→ TASK TO CARRY OUT
In the material below, find each line that contains the word "crates" and copy it.

::: RECORDS TO USE :::

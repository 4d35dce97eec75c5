ghost use Rattle.std.specs.Prelude.{◌≡◌, ◌++◌, ◌∷◌, [], All, IfOk, OnOk, length};
ghost use Rattle.math_algebra.specs.Degrees.{of_both, same_parity};
ghost use Rattle.fpl_model.specs.Sound.{HaveWeights};
ghost use Rattle.fpl_model.specs.Degrees.{weight_degree, parity_degree};
ghost use Rattle.fpl_reader.specs.Reading.{is_mixed, first_place, mixed_weight_of, mixed_parity_of, with_claim, with_claims};
ghost use Rattle.fpl_reader.specs.Terms.{AreSidesTerms};

use fpl_model::{Degree, Generators, ParityOf, Presentation};
use fpl_numbers::Kind;
use fpl_syntax::{Claim, ClaimKind};
use sqlite_items::Items;
use std::alloc::{AllocError, Global};

fn is_mixed_weight(d: Degree) -> bool
    ensures { result ≡ is_mixed (weight_degree d) }
{
    matches!(d, Degree::Mixed)
}

/// The place of the first claim whose sides, taken as one sum, have two weights.
pub fn mixed_weight(p: &Presentation, claims: &[Claim]) -> Option<usize>
    requires weights { HaveWeights p.now.generators }
    requires terms { All (AreSidesTerms p.now.field (length p.now.generators)) claims.now }
    ensures { result ≡ first_place (mixed_weight_of p.now) claims.now }
{
    for c in claims {
        if is_mixed_weight(p.equation_weight(&c.equation)) {
            return Some(c.place);
        }
    }
    None
}

fn are_mixed_parities(a: ParityOf, b: ParityOf) -> bool
    ensures { result ≡ is_mixed (of_both same_parity (parity_degree a) (parity_degree b)) }
{
    match (a, b) {
        (ParityOf::Mixed, _) | (_, ParityOf::Mixed) => true,
        (ParityOf::Exact(s), ParityOf::Exact(t)) => s != t,
        _ => false,
    }
}

/// The place of the first claim whose sides, taken as one sum, have two parities.
pub fn mixed_parity(p: &Presentation, claims: &[Claim]) -> Option<usize>
    requires terms { All (AreSidesTerms p.now.field (length p.now.generators)) claims.now }
    ensures { result ≡ first_place (mixed_parity_of p.now) claims.now }
{
    for c in claims {
        let left = p.parity_of(&c.equation.left);
        if are_mixed_parities(left, p.parity_of(&c.equation.right)) {
            return Some(c.place);
        }
    }
    None
}

/// The presentation of a field and generators alone.
pub fn bare(alloc: Global, field: Kind, generators: Generators) -> Presentation
    ensures { result ≡ with_claims field generators [] }
{
    Presentation {
        field,
        generators,
        relations: Items::new(alloc),
        ideals: Items::new(alloc),
        queries: Items::new(alloc),
    }
}

fn place_claim(p: &mut Presentation, claim: Claim) -> Result<(), AllocError>
    ensures { OnOk result (p.new ≡ with_claim p.old claim) }
{
    let Claim {
        kind,
        place: _,
        equation,
    } = claim;
    match kind {
        ClaimKind::Relation => p.relations.push(equation),
        ClaimKind::Ideal => p.ideals.push(equation.left),
        ClaimKind::Equal => p.queries.push(equation),
    }
}

/// A presentation with claims added to none.
pub fn with_claims(p: Presentation, claims: Vec<Claim>) -> Result<Presentation, AllocError>
    requires bare { p ≡ with_claims p.field p.generators [] }
    ensures { IfOk result (λ all. all ≡ with_claims p.field p.generators claims.items) }
{
    let mut p = p;
    for claim in claims {
        place_claim(&mut p, claim)?;
    }
    Ok(p)
}
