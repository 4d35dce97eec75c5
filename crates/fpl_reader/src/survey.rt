ghost use Rattle.std.specs.Prelude.{◌≡◌, ◌++◌, OnOk, IfOk};
ghost use Rattle.fpl_reader.specs.Events.{fields_in, declared_in};
ghost use Rattle.fpl_reader.specs.Stream.{IsLexable};
ghost use Rattle.fpl_reader.specs.Texts.{text_events};
ghost use Rattle.fpl_reader.specs.Scan.{note, event_list, named_field, some_declared};

use crate::stream::Stream;
use crate::terminals::terminal_of;
use fpl_model::Parity;
use fpl_syntax::{Numeral, Terminal, Word};
use sqlite_items::Items;
use std::alloc::{AllocError, Global};

/// The field of a field statement.
#[derive(Clone, Copy, Debug, PartialEq, Eq)]
pub enum FieldName {
    Rationals,
    Prime(Numeral),
}

/// A field statement, with the place of its first word.
#[derive(Clone, Copy, Debug, PartialEq, Eq)]
pub struct FieldStatement {
    pub place: usize,
    pub name: FieldName,
}

/// A declared name, with its weight where one is given.
#[derive(Clone, Copy, Debug, PartialEq, Eq)]
pub struct DeclaredName {
    pub word: Word,
    pub parity: Parity,
    pub weight: Option<Numeral>,
}

/// What stands in a sentence.
#[derive(Clone, Copy, Debug, PartialEq, Eq)]
pub enum Event {
    FieldNamed(FieldStatement),
    Declared(DeclaredName),
    /// A name in an expression.
    Used(Word),
    /// A denominator.
    Divided(Numeral),
}

/// Where in a sentence a terminal stands.
#[derive(Clone, Copy, Debug, PartialEq, Eq)]
pub enum Track {
    Outside,
    InField(usize),
    Declaring(Parity),
    Named(Parity, Word, Option<Numeral>),
    InClaim,
    AfterSlash,
}

/// What a terminal is, and where the next one stands. Inlined, since the answer is large.
#[inline(always)]
pub fn note(track: Track, terminal: Terminal) -> (Option<Event>, Track)
    ensures { (result.0, result.1) ≡ note track terminal }
{
    match (track, terminal) {
        (Track::Outside, Terminal::Field(place)) => (None, Track::InField(place)),
        (Track::Outside, Terminal::Declare(parity)) => (None, Track::Declaring(parity)),
        (Track::Outside, Terminal::Claim(_, _)) => (None, Track::InClaim),
        (Track::InField(place), Terminal::Name(_)) => named(place, FieldName::Rationals),
        (Track::InField(place), Terminal::Number(n)) => named(place, FieldName::Prime(n)),
        (Track::Declaring(parity), Terminal::Name(word)) => (
            None,
            Track::Named(parity, word, None),
        ),
        (Track::Named(parity, word, _), Terminal::Number(n)) => {
            (None, Track::Named(parity, word, Some(n)))
        }
        (Track::Named(parity, word, weight), Terminal::Comma) => {
            (declared(parity, word, weight), Track::Declaring(parity))
        }
        (Track::Named(parity, word, weight), Terminal::Semicolon) => {
            (declared(parity, word, weight), Track::Outside)
        }
        (Track::Named(_, _, _), _) => (None, track),
        (Track::InClaim, Terminal::Name(word)) => (Some(Event::Used(word)), Track::InClaim),
        (Track::InClaim, Terminal::Slash) => (None, Track::AfterSlash),
        (Track::InClaim, Terminal::Semicolon) => (None, Track::Outside),
        (Track::InClaim, _) => (None, Track::InClaim),
        (Track::AfterSlash, Terminal::Number(d)) => (Some(Event::Divided(d)), Track::InClaim),
        (Track::AfterSlash, _) => (None, Track::InClaim),
        _ => (None, Track::Outside),
    }
}

#[inline(always)]
fn named(place: usize, name: FieldName) -> (Option<Event>, Track)
    ensures { (result.0, result.1) ≡ named_field place name }
{
    let field = FieldStatement { place, name };
    (Some(Event::FieldNamed(field)), Track::Outside)
}

#[inline(always)]
fn declared(parity: Parity, word: Word, weight: Option<Numeral>) -> Option<Event>
    ensures { result ≡ some_declared word parity weight }
{
    Some(Event::Declared(DeclaredName {
        word,
        parity,
        weight,
    }))
}

/// The field statements and the declarations of a text.
#[derive(Drop)]
pub struct Survey {
    pub fields: Items<FieldStatement>,
    pub declared: Items<DeclaredName>,
}

#[inline(always)]
fn record(event: Option<Event>, survey: &mut Survey) -> Result<(), AllocError>
    ensures fields { OnOk result (survey.new.fields ≡ survey.old.fields ++ fields_in (event_list event)) }
    ensures declared { OnOk result (survey.new.declared ≡ survey.old.declared ++ declared_in (event_list event)) }
{
    match event {
        Some(Event::FieldNamed(field)) => survey.fields.push(field),
        Some(Event::Declared(name)) => survey.declared.push(name),
        _ => Ok(()),
    }
}

/// The field statements and the declarations of a text without lexical faults.
pub fn survey_of(alloc: Global, text: &[u8]) -> Result<Survey, AllocError>
    requires { IsLexable text.now 0 }
    ensures fields { IfOk result (λ s. s.fields ≡ fields_in (text_events text.now)) }
    ensures declared { IfOk result (λ s. s.declared ≡ declared_in (text_events text.now)) }
{
    let mut survey = Survey {
        fields: Items::new(alloc),
        declared: Items::new(alloc),
    };
    let mut stream = Stream::new(text);
    let mut track = Track::Outside;
    while let Some(token) = stream.next() {
        let (event, next) = note(track, terminal_of(text, token));
        record(event, &mut survey)?;
        track = next;
    }
    Ok(survey)
}
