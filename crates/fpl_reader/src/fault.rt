//! Why a text is no presentation, and in which words.
ghost use Rattle.std.specs.Prelude.{◌≡◌};
ghost use Rattle.fpl_reader.specs.declared.fault.ReaderError.TheVariants.{NoMemory};
ghost use Rattle.fpl_reader.specs.Reasons.{reason_text};

use std::alloc::AllocError;
use thiserror::Error;

/// Why a text is no presentation.
#[derive(Clone, Copy, Debug, PartialEq, Eq)]
pub enum Reason {
    BadByte,
    NumberTooLarge,
    NameTooLong,
    TooDeep,
    /// The tokens before this one, counted from 1, begin some sentence, and with it they begin none. The end counts as a last token.
    Syntax(u64),
    NoField,
    FieldTwice,
    BadPrime,
    NameTwice,
    BadWeight,
    TooManyGenerators,
    UnknownName,
    ZeroDenominator,
    MixedWeight,
    MixedParity,
}

impl Reason {
    /// The reason in words.
    pub fn text(self) -> &'static [u8]
        ensures { result.now ≡ reason_text self }
    {
        match self {
            Reason::BadByte => b"bad byte",
            Reason::NumberTooLarge => b"number too large",
            Reason::NameTooLong => b"name too long",
            Reason::TooDeep => b"nesting too deep",
            Reason::Syntax(_) => b"syntax",
            Reason::NoField => b"no field",
            Reason::FieldTwice => b"field twice",
            Reason::BadPrime => b"prime not in the list",
            Reason::NameTwice => b"name twice",
            Reason::BadWeight => b"weight outside 1 to 1000",
            Reason::TooManyGenerators => b"more than 64 generators",
            Reason::UnknownName => b"unknown name",
            Reason::ZeroDenominator => b"zero denominator",
            Reason::MixedWeight => b"mixed weight",
            Reason::MixedParity => b"mixed parity",
        }
    }
}

#[derive(Clone, Copy, Debug, PartialEq, Eq, Error)]
pub enum ReaderError {
    /// The first reason, in the order of `Reason`, and the place where it first holds, counted in bytes from 0.
    #[error("refused at byte {place}")]
    Refused { place: u64, reason: Reason },
    #[error("no memory")]
    NoMemory,
}

impl From<AllocError> for ReaderError {
    ghost from_gives = { λ _ e. e ≡ NoMemory };

    fn from(_: AllocError) -> Self {
        ReaderError::NoMemory
    }
}
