//! What proofs from the axioms mean that the check accepts.
//!
//! The function does nothing: what it ensures is a law.
#![tactic(auto)]

ghost use Rattle.plain_derivations.specs.Derivations.{AcceptedLinesDerive};

/// Over a sound presentation the two sides of each line of a proof that the check accepts are derivably equal.
pub fn accepted_proofs()
    ensures { AcceptedLinesDerive }
{}
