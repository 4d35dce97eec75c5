ghost use Rattle.std.specs.Prelude.{◌≡◌, ◌<◌, ◌^◌, ℕ, length, Ok, Err, IfOk, IfErr, MatchOption};
ghost use Rattle.fpl_syntax.specs.Machine.{ended, parse_of};
ghost use Rattle.fpl_syntax.specs.Sight.{sight};
ghost use Rattle.fpl_reader.specs.Stream.{IsLexable};
ghost use Rattle.fpl_reader.specs.Texts.{text_tokens, text_terminals};
ghost use Rattle.fpl_reader.specs.Sentence.{FailsAt};

use crate::stream::Stream;
use crate::terminals::terminal_of;
use crate::{ReaderError, Reason};
use fpl_syntax::{Claim, Scope, State, step_state};
use std::alloc::Global;

fn syntax(place: usize, k: u64) -> ReaderError
    ensures { result ≡ ReaderError.Refused place (Reason.Syntax k) }
{
    ReaderError::Refused {
        place: place as u64,
        reason: Reason::Syntax(k),
    }
}

// The claims, where a sentence may end here.
fn complete(claims: Vec<Claim>, state: State) -> Option<Vec<Claim>>
    ensures { (k : ℕ) → MatchOption result (ended claims.items state k ≡ Err k) (λ all. ended claims.items state k ≡ Ok all.items) }
{
    match state {
        State::Statement => Some(claims),
        _ => None,
    }
}

/// The claims of a text, or the first token with which it begins no sentence.
pub fn parse_text(alloc: Global, scope: &Scope) -> Result<Vec<Claim>, ReaderError>
    requires lexable { IsLexable scope.now.text.now 0 }
    requires few { length (text_tokens scope.now.text.now) < 2 ^ 32 }
    ensures claims { IfOk result (λ claims. parse_of (sight scope.now) (text_terminals scope.now.text.now) ≡ Ok claims.items) }
    ensures fault { IfErr result (λ e. FailsAt scope.now.text.now e (parse_of (sight scope.now) (text_terminals scope.now.text.now))) }
{
    let mut stream = Stream::new(scope.text);
    let mut claims = Vec::new(alloc);
    let mut state = State::Statement;
    let mut k = 1;
    while let Some(token) = stream.next() {
        match step_state(
            alloc,
            scope,
            &mut claims,
            state,
            terminal_of(scope.text, token),
        ) {
            Ok(Some(next)) => state = next,
            Ok(None) => return Err(syntax(token.start, k)),
            Err(_) => return Err(ReaderError::NoMemory),
        }
        k += 1;
    }
    match complete(claims, state) {
        Some(claims) => Ok(claims),
        None => Err(syntax(scope.text.len(), k)),
    }
}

:::

→ SOLVED EXERCISE
filename crates/fpl_reader/src/survey.rt
filename crates/fpl_reader/src/fault.rt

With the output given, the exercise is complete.